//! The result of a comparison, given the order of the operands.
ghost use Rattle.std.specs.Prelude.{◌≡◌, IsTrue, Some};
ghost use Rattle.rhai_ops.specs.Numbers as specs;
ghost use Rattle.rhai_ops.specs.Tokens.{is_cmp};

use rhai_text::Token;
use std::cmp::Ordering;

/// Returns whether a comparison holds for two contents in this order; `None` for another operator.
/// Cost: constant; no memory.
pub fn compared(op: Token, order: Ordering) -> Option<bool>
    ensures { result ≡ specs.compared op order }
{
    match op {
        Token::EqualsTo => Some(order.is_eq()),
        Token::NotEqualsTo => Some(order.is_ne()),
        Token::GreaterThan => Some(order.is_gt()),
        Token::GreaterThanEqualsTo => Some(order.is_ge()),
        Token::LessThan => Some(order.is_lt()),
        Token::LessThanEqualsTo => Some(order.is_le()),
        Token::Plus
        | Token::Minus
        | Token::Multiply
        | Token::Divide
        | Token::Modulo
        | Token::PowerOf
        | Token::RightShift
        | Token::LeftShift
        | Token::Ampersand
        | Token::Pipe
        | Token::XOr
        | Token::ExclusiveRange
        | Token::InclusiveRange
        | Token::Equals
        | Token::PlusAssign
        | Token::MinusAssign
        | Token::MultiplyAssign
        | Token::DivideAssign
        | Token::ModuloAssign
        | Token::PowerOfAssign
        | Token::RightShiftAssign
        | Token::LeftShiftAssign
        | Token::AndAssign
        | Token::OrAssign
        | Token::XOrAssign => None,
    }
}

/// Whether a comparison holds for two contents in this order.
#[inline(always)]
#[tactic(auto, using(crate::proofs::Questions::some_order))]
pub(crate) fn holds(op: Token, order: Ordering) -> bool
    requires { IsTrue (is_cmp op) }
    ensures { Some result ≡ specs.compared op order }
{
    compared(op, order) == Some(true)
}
□ □ □ □ □ □ □
__Task to complete__.
Each line from the start of the listing above through the line containing "#[tactic(auto, using(crate::proofs::Questions::some_order))]" should be copied exactly, please, with no other lines added.

__Reply to the task__.
//! The result of a comparison, given the order of the operands.
ghost use Rattle.std.specs.Prelude.{◌≡◌, IsTrue, Some};
ghost use Rattle.rhai_ops.specs.Numbers as specs;
ghost use Rattle.rhai_ops.specs.Tokens.{is_cmp};

use rhai_text::Token;
use std::cmp::Ordering;

/// Returns whether a comparison holds for two contents in this order; `None` for another operator.
/// Cost: constant; no memory.
pub fn compared(op: Token, order: Ordering) -> Option<bool>
    ensures { result ≡ specs.compared op order }
{
    match op {
        Token::EqualsTo => Some(order.is_eq()),
        Token::NotEqualsTo => Some(order.is_ne()),
        Token::GreaterThan => Some(order.is_gt()),
        Token::GreaterThanEqualsTo => Some(order.is_ge()),
        Token::LessThan => Some(order.is_lt()),
        Token::LessThanEqualsTo => Some(order.is_le()),
        Token::Plus
        | Token::Minus
        | Token::Multiply
        | Token::Divide
        | Token::Modulo
        | Token::PowerOf
        | Token::RightShift
        | Token::LeftShift
        | Token::Ampersand
        | Token::Pipe
        | Token::XOr
        | Token::ExclusiveRange
        | Token::InclusiveRange
        | Token::Equals
        | Token::PlusAssign
        | Token::MinusAssign
        | Token::MultiplyAssign
        | Token::DivideAssign
        | Token::ModuloAssign
        | Token::PowerOfAssign
        | Token::RightShiftAssign
        | Token::LeftShiftAssign
        | Token::AndAssign
        | Token::OrAssign
        | Token::XOrAssign => None,
    }
}

/// Whether a comparison holds for two contents in this order.
#[inline(always)]
#[tactic(auto, using(crate::proofs::Questions::some_order))]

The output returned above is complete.